PROMPT:
Scan the entries below for the word "before", then copy each line that holds it.

DATASET:
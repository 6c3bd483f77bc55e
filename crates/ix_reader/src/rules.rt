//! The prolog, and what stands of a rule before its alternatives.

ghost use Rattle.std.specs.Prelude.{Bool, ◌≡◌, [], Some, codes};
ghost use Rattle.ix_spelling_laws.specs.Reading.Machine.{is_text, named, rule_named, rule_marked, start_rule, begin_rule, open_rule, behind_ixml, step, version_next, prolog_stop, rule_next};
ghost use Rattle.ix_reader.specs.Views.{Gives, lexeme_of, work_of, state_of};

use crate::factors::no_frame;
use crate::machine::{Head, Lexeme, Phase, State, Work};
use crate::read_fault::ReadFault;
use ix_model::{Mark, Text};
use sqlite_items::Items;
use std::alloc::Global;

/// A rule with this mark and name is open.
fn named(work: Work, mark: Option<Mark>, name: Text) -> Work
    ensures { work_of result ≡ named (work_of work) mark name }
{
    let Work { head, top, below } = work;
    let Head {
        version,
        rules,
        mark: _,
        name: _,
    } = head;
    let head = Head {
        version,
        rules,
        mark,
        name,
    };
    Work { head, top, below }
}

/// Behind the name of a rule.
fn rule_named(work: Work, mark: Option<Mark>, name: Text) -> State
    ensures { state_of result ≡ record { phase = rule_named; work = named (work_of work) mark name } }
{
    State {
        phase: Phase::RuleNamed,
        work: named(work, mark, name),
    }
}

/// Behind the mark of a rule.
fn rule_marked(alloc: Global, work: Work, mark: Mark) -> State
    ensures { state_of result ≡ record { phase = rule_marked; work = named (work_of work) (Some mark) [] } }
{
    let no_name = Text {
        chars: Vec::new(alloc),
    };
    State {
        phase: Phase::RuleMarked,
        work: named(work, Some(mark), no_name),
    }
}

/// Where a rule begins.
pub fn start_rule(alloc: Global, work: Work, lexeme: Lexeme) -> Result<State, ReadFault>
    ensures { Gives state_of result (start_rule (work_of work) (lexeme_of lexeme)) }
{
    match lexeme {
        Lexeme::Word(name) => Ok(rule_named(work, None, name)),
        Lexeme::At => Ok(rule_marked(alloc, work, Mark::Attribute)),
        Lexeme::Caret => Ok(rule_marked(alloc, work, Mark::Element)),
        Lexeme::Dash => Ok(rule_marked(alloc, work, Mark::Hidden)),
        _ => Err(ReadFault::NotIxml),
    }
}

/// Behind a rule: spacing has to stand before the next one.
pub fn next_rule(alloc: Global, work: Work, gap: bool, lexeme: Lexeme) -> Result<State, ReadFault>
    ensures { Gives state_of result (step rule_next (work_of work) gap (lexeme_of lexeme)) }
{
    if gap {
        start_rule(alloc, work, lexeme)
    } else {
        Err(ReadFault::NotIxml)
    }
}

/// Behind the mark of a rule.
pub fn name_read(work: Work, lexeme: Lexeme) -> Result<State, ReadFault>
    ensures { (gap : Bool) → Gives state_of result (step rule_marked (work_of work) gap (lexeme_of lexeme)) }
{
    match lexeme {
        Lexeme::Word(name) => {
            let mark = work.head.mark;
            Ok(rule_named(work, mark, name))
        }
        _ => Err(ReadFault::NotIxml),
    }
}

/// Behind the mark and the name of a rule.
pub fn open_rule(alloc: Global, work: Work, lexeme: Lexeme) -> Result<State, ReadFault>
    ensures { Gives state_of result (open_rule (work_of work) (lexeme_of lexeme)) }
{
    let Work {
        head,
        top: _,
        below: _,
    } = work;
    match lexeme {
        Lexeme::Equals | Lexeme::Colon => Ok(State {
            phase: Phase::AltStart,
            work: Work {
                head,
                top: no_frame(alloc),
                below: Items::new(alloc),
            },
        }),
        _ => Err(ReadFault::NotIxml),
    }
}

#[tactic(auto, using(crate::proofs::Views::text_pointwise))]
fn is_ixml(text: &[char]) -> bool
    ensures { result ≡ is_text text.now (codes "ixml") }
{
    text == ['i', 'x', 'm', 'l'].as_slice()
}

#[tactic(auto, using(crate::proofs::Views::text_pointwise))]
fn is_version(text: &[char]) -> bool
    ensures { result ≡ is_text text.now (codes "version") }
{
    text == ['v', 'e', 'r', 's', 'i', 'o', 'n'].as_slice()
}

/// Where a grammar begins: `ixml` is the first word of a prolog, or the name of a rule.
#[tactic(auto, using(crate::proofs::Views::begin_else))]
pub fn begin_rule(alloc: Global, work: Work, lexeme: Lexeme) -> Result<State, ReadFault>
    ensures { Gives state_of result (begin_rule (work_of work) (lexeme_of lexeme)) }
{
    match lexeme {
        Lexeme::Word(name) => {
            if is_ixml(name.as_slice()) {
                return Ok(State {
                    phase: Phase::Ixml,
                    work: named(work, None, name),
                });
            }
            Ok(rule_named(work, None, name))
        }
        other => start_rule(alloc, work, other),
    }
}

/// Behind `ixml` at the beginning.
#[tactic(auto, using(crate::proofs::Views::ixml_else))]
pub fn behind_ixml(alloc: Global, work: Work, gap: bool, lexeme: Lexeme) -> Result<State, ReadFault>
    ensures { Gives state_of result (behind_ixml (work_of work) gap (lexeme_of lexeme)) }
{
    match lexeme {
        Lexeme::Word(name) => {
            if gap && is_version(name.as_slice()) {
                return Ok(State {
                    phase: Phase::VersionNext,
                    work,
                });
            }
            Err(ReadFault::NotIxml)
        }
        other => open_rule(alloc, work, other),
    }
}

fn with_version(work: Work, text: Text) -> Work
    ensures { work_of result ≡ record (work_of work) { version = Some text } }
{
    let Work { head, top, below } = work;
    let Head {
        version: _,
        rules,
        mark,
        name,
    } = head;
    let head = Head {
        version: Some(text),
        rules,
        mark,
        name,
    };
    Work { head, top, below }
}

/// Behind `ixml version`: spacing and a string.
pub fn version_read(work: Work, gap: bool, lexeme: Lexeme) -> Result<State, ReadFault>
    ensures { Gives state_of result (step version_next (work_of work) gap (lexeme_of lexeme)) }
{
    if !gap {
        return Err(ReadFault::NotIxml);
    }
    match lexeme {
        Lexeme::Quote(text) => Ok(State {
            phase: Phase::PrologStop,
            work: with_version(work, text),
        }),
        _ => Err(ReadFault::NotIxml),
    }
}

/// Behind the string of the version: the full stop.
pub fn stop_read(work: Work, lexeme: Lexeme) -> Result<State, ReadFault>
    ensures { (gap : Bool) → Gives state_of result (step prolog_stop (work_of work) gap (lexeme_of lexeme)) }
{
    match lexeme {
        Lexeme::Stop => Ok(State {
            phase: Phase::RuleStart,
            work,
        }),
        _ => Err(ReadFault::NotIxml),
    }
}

---

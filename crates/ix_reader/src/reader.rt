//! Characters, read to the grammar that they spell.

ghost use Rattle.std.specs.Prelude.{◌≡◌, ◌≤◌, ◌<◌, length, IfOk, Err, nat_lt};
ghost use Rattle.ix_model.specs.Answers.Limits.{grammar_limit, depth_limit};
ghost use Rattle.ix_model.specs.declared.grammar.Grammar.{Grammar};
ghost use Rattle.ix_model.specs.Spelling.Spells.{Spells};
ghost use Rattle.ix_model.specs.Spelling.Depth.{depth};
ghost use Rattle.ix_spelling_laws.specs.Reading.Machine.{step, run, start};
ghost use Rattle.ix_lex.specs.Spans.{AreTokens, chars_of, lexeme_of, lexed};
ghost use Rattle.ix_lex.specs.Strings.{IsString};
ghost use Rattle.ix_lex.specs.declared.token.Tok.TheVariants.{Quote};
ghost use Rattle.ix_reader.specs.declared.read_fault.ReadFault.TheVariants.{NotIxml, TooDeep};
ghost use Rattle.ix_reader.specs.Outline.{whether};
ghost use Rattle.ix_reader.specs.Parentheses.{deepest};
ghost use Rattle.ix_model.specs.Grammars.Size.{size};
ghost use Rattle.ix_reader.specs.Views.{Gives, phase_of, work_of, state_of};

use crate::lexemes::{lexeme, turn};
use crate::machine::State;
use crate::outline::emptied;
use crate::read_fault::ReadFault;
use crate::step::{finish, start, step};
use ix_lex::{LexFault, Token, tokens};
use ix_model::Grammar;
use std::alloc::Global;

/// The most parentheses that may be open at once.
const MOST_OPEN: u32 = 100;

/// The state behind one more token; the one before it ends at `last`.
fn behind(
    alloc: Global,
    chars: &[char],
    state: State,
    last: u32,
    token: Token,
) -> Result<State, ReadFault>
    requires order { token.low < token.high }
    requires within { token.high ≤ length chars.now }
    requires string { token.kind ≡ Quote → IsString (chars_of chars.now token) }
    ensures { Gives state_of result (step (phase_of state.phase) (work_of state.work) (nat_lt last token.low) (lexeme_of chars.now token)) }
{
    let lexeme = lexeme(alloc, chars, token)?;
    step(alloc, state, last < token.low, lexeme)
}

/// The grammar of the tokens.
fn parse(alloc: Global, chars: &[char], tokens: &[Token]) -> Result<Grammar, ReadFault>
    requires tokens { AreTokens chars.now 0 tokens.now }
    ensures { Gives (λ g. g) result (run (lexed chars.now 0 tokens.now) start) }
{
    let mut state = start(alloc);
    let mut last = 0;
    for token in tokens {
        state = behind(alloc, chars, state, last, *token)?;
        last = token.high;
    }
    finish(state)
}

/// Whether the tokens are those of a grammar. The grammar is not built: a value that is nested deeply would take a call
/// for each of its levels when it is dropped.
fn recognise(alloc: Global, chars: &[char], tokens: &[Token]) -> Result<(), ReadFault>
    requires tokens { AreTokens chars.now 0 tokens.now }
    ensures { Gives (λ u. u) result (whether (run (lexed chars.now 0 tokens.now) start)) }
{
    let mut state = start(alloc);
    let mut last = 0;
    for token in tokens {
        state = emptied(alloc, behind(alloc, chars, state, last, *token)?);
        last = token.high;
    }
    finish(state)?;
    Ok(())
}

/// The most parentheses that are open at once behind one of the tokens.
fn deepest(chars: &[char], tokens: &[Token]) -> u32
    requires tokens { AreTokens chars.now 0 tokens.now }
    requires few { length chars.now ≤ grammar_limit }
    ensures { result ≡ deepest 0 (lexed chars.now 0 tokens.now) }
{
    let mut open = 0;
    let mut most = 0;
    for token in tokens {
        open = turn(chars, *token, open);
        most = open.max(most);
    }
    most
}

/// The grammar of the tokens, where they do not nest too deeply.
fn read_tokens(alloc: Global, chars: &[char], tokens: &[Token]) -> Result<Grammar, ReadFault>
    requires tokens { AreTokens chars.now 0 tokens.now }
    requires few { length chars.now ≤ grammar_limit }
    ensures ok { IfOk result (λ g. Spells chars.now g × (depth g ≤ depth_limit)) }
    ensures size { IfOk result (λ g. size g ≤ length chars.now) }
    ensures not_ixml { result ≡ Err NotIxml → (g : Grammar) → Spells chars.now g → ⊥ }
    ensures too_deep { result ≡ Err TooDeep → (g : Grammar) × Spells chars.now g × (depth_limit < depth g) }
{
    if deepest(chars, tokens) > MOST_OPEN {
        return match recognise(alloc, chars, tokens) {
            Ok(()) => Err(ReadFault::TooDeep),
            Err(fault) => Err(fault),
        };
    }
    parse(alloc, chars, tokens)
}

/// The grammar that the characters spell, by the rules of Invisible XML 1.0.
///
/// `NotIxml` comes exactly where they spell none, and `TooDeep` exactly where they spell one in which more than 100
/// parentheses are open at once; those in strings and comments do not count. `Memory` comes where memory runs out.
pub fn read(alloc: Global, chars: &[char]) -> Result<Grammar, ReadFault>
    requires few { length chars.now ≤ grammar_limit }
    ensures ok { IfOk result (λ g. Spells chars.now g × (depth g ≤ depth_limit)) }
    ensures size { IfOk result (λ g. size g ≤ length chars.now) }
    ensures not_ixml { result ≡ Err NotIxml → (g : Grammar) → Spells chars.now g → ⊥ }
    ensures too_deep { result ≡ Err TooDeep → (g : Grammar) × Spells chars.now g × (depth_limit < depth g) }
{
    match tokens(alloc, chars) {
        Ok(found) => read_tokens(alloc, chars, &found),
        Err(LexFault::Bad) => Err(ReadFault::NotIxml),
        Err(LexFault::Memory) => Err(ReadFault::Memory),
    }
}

---

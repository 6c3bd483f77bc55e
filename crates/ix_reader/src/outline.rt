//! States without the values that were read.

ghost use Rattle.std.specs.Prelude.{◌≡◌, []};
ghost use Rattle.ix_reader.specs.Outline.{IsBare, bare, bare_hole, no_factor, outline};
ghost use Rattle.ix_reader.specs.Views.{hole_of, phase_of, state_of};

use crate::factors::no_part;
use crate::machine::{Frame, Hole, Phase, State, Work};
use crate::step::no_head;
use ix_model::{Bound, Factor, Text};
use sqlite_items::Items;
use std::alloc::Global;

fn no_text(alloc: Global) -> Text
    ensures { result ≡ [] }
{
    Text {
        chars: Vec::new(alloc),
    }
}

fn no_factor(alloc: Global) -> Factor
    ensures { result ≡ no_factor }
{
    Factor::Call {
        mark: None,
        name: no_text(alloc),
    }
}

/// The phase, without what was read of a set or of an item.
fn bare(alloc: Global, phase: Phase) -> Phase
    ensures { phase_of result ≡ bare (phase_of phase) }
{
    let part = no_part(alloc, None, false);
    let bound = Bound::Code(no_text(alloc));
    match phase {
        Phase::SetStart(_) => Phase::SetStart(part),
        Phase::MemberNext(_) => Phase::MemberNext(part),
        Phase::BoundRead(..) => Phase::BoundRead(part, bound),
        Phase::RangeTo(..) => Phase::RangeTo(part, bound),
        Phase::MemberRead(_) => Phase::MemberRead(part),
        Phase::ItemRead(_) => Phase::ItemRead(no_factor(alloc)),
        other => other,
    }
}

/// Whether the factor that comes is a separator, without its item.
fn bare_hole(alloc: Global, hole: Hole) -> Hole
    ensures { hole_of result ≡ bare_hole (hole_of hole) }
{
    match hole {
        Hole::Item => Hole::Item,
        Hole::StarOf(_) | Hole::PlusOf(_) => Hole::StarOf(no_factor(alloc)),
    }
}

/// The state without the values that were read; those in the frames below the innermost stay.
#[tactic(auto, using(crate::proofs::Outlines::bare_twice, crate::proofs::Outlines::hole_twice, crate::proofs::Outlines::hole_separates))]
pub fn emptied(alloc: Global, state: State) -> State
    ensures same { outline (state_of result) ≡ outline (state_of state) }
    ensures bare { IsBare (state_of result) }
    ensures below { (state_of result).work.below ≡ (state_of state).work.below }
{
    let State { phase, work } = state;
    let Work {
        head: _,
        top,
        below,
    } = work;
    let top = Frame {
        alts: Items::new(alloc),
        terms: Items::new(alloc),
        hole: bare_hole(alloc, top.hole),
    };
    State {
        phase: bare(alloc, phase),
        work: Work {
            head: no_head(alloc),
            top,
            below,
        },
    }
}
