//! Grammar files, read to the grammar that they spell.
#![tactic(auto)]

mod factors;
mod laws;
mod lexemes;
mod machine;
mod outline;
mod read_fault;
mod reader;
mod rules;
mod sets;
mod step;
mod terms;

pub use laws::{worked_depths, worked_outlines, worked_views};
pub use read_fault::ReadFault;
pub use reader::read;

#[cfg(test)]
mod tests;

ANSWER TO THE PROBLEM:
//! The prolog, and what stands of a rule before its alternatives.
/// Behind a rule: spacing has to stand before the next one.
/// The state behind one more token; the one before it ends at `last`.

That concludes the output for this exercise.